'I didn't even want to come,' I moan.
I walk up and down the beach, my bikini already dry, stopping to look at the burns covering my arms, my chest, and most of my legs. All this pain seems so out of place in this paradise of rice-flour sand and pristine water. And nobody here. Not a single person.
We should have known.
Paul is also walking, waving his mobile phone in the air.
'I'm sure there must be a better signal, somewhere,' he insists.
'It's a bay. We're surrounded by rocks. Let's just go back to the village, find a farmacia. It's not like I can't walk.'
I look behind me at the staircase carved by water and wind, concealed by the Mediterranean bush. We felt so well-traveled to find this place.
'Perhaps I should pee on you,' Paul says then.
Suddenly, I'm reminded of an episode of Sex and the City. Is this what a midlife crisis is about? A seven-year itch?

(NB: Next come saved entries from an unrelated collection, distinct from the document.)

ghost use Rattle.std.specs.Prelude.{◌≡◌, ◌%◌, ◌^◌, unsigned_abs};
ghost use Rattle.rp_logic.specs.Views.{term_view, terms_view};
ghost use Rattle.rp_terms.specs.Symbols.{symbol_of};
ghost use Rattle.rp_terms.specs.means.Hash as spec;
ghost use Rattle.rp_terms.specs.means.Hash.{mixed, mixed_all, term_hash, terms_hash};

use rp_logic::Term;

/// A hash with one more number. The second product keeps it from being a sum, in which the order of symbols in nested
/// terms would be lost.
#[tactic(auto, unfolding(crate::specs::means::Hash::mixed))]
pub fn mix(hash: u64, word: u64) -> u64
    ensures { result ≡ mixed hash word }
{
    let sum = hash
        .wrapping_mul(11_400_714_819_323_198_485)
        .wrapping_add(word);
    let odd = sum.wrapping_mul(2).wrapping_add(1);
    sum.wrapping_mul(odd)
}

fn low_word(n: i128) -> u64
    ensures { result ≡ unsigned_abs n % 2 ^ 64 }
{
    (n.unsigned_abs() % 18_446_744_073_709_551_616) as u64
}

fn mix_bytes(hash: u64, bytes: &[u8]) -> u64
    ensures { result ≡ mixed_all hash bytes.now }
{
    let mut mixed = hash;
    for b in bytes {
        mixed = mix(mixed, *b as u64);
    }
    mixed
}

/// The hash of the term's symbol, with which that of the term begins.
#[tactic(auto, using(rp_logic::proofs::TermViews::term_views))]
pub fn symbol_hash(t: &Term) -> u64
    ensures { result ≡ spec.symbol_hash (symbol_of (term_view t.now)) }
{
    match t {
        Term::Var(n) => mix(1, *n as u64),
        Term::Const(c) => mix(2, *c as u64),
        Term::Fn(f, _) => mix(3, *f as u64),
        Term::Int(n) => mix(4, low_word(*n)),
        Term::Str(bytes) => mix_bytes(5, bytes.as_slice()),
        Term::Con(c, _) => mix(6, *c as u64),
        Term::Sel(c, i, _) => mix(mix(7, *c as u64), *i as u64),
        Term::Plus(_, n) => mix(8, low_word(*n)),
    }
}

/// The hash of a term.
#[cycle(hash)]
#[tactic(auto, using(rp_logic::proofs::TermViews::term_views))]
pub fn hash_of(t: &Term) -> u64
    ensures { result ≡ term_hash (term_view t.now) }
{
    match t {
        Term::Var(_) => symbol_hash(t),
        Term::Const(_) => symbol_hash(t),
        Term::Int(_) => symbol_hash(t),
        Term::Str(_) => symbol_hash(t),
        Term::Fn(_, args) => hash_all(symbol_hash(t), args.as_slice()),
        Term::Con(_, args) => hash_all(symbol_hash(t), args.as_slice()),
        Term::Sel(_, _, a) => mix(symbol_hash(t), hash_of(a.get())),
        Term::Plus(a, _) => mix(symbol_hash(t), hash_of(a.get())),
    }
}

#[cycle(hash)]
fn hash_all(hash: u64, terms: &[Term]) -> u64
    ensures { result ≡ terms_hash hash (terms_view terms.now) }
{
    let mut mixed = hash;
    for t in terms {
        mixed = mix(mixed, hash_of(t));
    }
    mixed
}
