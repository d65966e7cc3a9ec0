//! Terms by their numbers: each term is one node, a symbol over the numbers of its arguments.
#![tactic(auto)]

mod bank;
mod hash;
mod hashes;
mod node;
mod symbol;

pub use bank::Bank;
pub use symbol::Symbol;
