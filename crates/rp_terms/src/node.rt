use crate::symbol::Symbol;
use rp_value::List;

/// A term as a node: its symbol, and the numbers of its arguments.
#[derive(Drop)]
pub struct Node {
    pub symbol: Symbol,
    pub parts: List<u32>,
}
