ghost use Rattle.std.specs.Prelude.{◌≡◌, ◌↔◌, IfOk, IsTrue};
ghost use Rattle.rp_logic.specs.Views.{term_view};
ghost use Rattle.rp_terms.specs.Symbols.{symbol_of};

use rp_logic::Term;
use rp_value::{Bytes, Memory, copy_bytes};
use std::alloc::Global;

/// A term without its arguments.
#[derive(Drop)]
pub enum Symbol {
    Var(u32),
    Const(u32),
    Fn(u32),
    Int(i128),
    Str(Bytes),
    Con(u32),
    /// The constructor, and which of its arguments is taken.
    Sel(u32, u32),
    Plus(i128),
}

#[tactic(auto, using(rp_logic::proofs::TermViews::term_views))]
impl Symbol {
    /// The symbol of a term.
    pub fn of(alloc: Global, t: &Term) -> Result<Symbol, Memory>
        ensures { IfOk result (λ symbol. symbol ≡ symbol_of (term_view t.now)) }
    {
        match t {
            Term::Var(n) => Ok(Symbol::Var(*n)),
            Term::Const(c) => Ok(Symbol::Const(*c)),
            Term::Fn(f, _) => Ok(Symbol::Fn(*f)),
            Term::Int(n) => Ok(Symbol::Int(*n)),
            Term::Str(bytes) => Ok(Symbol::Str(copy_bytes(alloc, bytes.as_slice())?)),
            Term::Con(c, _) => Ok(Symbol::Con(*c)),
            Term::Sel(c, i, _) => Ok(Symbol::Sel(*c, *i)),
            Term::Plus(_, n) => Ok(Symbol::Plus(*n)),
        }
    }

    /// Whether this is the symbol of the term. It takes no memory.
    pub fn is_of(&self, t: &Term) -> bool
        ensures { IsTrue result ↔ (self.now ≡ symbol_of (term_view t.now)) }
    {
        match (self, t) {
            (Symbol::Var(m), Term::Var(n)) => m == n,
            (Symbol::Const(c), Term::Const(d)) => c == d,
            (Symbol::Fn(f), Term::Fn(g, _)) => f == g,
            (Symbol::Int(m), Term::Int(n)) => m == n,
            (Symbol::Str(a), Term::Str(b)) => a == b,
            (Symbol::Con(c), Term::Con(d, _)) => c == d,
            (Symbol::Sel(c, i), Term::Sel(d, j, _)) => c == d && i == j,
            (Symbol::Plus(m), Term::Plus(_, n)) => m == n,
            _ => false,
        }
    }
}
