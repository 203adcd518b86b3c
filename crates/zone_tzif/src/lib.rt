// A zone file (TZif, RFC 8536): what makes it usable, where its parts stand, and its table of transitions.
// `read` decides once whether a file is usable and answers where its table and its footer stand; the lookups then read the file by place.
// The footer's text is not read here: a caller parses it. What `read` and the lookups mean is in specs/, that it is the definitions' meaning in proofs/Bridge.antt.
#![tactic(auto)]

ghost use Rattle.std.specs.Prelude.{◌≡◌, ◌+◌, ◌*◌, ◌≤◌, ◌<◌, min, max, length};
ghost use Rattle.model.specs.Offset.{greatest_offset};
ghost use Rattle.zone_tzif_head.specs.Heads.{SmallHead};
ghost use Rattle.zone_tzif_block.specs.Parts.{blocks_end, tail_at};
ghost use Rattle.zone_tzif.specs.Places.{layout_at, read_of, time_at, offset_after};
ghost use Rattle.zone_tzif.specs.Opened.{Opened, TableBounds, count_at, utc_layout};

use zone_tzif_head::Head;

// Where a file's version stands.
pub const VERSION_AT: usize = 4;

// How far before its block a header has the number of types.
const TYPES_BEFORE: usize = 8;

// The key of second 0, -10400-01-01T00:00:00Z: 2^63 less the second of 1970.
const FIRST_KEY: u64 = 9223371646495255808;

// Where a usable file's table stands: the number of transitions, the place of their times, the offset before the first, and
// the place and the length of the footer.
#[derive(Clone, Copy)]
pub struct Layout {
    pub count: usize,
    pub times: usize,
    pub initial: u32,
    pub line: usize,
    pub len: usize,
}

// The least and the greatest of some offsets.
#[derive(Clone, Copy)]
pub struct OffsetBounds {
    pub least: u64,
    pub greatest: u64,
}

// The layout of the block that starts at b and has the header h.
#[tactic(auto, unfolding(crate::specs::Places::layout_at))]
fn layout_at(f: &[u8], b: usize, h: Head) -> Layout
    requires { (b < blocks_end) × SmallHead h × (tail_at b h + 1 < length f.now) }
    ensures { result ≡ layout_at f.now b h }
{
    let t = zone_tzif_block::tail_at(b, h);
    Layout {
        count: h.times,
        times: b,
        initial: zone_tzif_block::offset_is(big_endian::be32_at(
            f,
            b + h.times * zone_tzif_block::TRANSITION_SIZE,
        )),
        line: t + 1,
        len: f.len() - (t + 2),
    }
}

// Where a file's table and footer stand, if the file is usable in all but its footer's text.
#[tactic(auto, unfolding(crate::specs::Places::read_of, crate::specs::Places::usable, crate::specs::Places::layout_of))]
pub fn read(f: &[u8]) -> Option<Layout>
    ensures { result ≡ read_of f.now }
{
    if !zone_tzif_head::head_ok(f, 0) {
        return None;
    }
    let s = zone_tzif_head::second_at(f);
    if !zone_tzif_head::head_ok(f, s) {
        return None;
    }
    let h = zone_tzif_head::head_at(f, s);
    let b = s + zone_tzif_head::HEADER_SIZE;
    if big_endian::small_at(f, VERSION_AT) == h.version && zone_tzif_block::block_ok(f, b, h) {
        Some(layout_at(f, b, h))
    } else {
        None
    }
}

// UTC has a table without a file.
pub fn utc() -> Layout
    ensures { result ≡ utc_layout }
{
    Layout {
        count: 0,
        times: 0,
        initial: zone_offset::BIAS,
        line: 0,
        len: 0,
    }
}

// ---- lookups in the table of a layout that `read` or `utc` gave

// Transition i's time as a second from -10400, 0 for an earlier one.
#[tactic(auto, using(zone_tzif_block::proofs::Numbers::key_is), unfolding(crate::specs::Places::time_at))]
pub fn time_at(f: &[u8], l: Layout, i: usize) -> u64
    requires { Opened f.now l × (i < l.count) }
    ensures { result ≡ time_at f.now l i }
{
    let v = big_endian::eight_at(f, l.times + zone_tzif_block::TIME_SIZE * i);
    zone_tzif_block::key_of(v).saturating_sub(FIRST_KEY)
}

// How many transitions are at or before the second u: a search that halves what is left. Its steps do not depend on u, only what they read.
// The library's searches by halves take a slice, and these times are read out of the file's bytes.
fn count_by_halves(f: &[u8], l: Layout, u: u64) -> usize
    requires { Opened f.now l × (1 ≤ l.count) }
    ensures { (result ≡ count_at f.now l u) × (result ≤ l.count) }
{
    let mut lo: usize = 0;
    let mut n: usize = l.count;
    while n > 1 {
        let half = n / 2;
        if time_at(f, l, lo + half - 1) <= u {
            lo += half;
            n -= half;
        } else {
            n -= half;
        }
    }
    if time_at(f, l, lo) <= u {
        return lo + 1;
    }
    lo
}

// How many transitions are at or before the second u. Most often all of them are, or u lies in the table's years.
pub fn count_at(f: &[u8], l: Layout, u: u64) -> usize
    requires { Opened f.now l }
    ensures { (result ≡ count_at f.now l u) × (result ≤ l.count) }
{
    let n = l.count;
    if n == 0 {
        return 0;
    }
    if time_at(f, l, n - 1) <= u {
        return n;
    }
    count_by_halves(f, l, u)
}

// The offset after k transitions.
pub fn table_offset(f: &[u8], l: Layout, k: usize) -> u32
    requires { Opened f.now l × (k ≤ l.count) }
    ensures { (result ≡ offset_after f.now l k) × (1 ≤ result) × (result ≤ greatest_offset) }
{
    if k == 0 {
        return l.initial;
    }
    let kinds = l.times + l.count * zone_tzif_block::TIME_SIZE;
    let types = l.times + l.count * zone_tzif_block::TRANSITION_SIZE;
    let kind = big_endian::small_at(f, kinds + (k - 1));
    zone_tzif_block::offset_is(big_endian::be32_at(f, types + zone_tzif_head::TYPE_SIZE * kind))
}

// ---- bounds of the table's offsets

// Bounds that hold for the offset o too.
pub fn widened(b: OffsetBounds, o: u64) -> OffsetBounds
    ensures { (result.least ≡ min b.least o) × (result.greatest ≡ max b.greatest o) }
{
    OffsetBounds {
        least: b.least.min(o),
        greatest: b.greatest.max(o),
    }
}

// Bounds of the table's offsets: those of all types that the file has.
pub fn table_bounds(f: &[u8], l: Layout) -> OffsetBounds
    requires { Opened f.now l }
    ensures { TableBounds f.now l result }
{
    let first = u64::from(l.initial);
    let mut bounds = OffsetBounds {
        least: first,
        greatest: first,
    };
    if l.count == 0 {
        return bounds;
    }
    let types = l.times + l.count * zone_tzif_block::TRANSITION_SIZE;
    let n = big_endian::size_at(f, l.times - TYPES_BEFORE);
    for i in 0..n {
        let at = types + zone_tzif_head::TYPE_SIZE * i;
        let o = zone_tzif_block::offset_is(big_endian::be32_at(f, at));
        bounds = widened(bounds, u64::from(o));
    }
    bounds
}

'Aren't we happy enough?' I ask. 'Is this why we came?'
Paul looks at me, frowns.
'It's for the jellyfish burns. Urine contains ammonia.'
But my question is already out there, echoing on the bay's walls, even though I say right away that it's just an urban myth – the pee.
I sit and stare at the sea. I think of our first holidays, when we would have laughed off any incident. When painful was ok, as long as it wasn't deadly. When we didn't need sudden holiday breaks. When nothing required spicing up.
'I'm happy,' Paul says after a while. He carefully puts a hand on my knee – untouched by the tentacles. 'Well, sad for you, but happy.' He mimes climbing mirrors.
I smile.
With most Mediterranean jellyfish, the pain will go away after a while.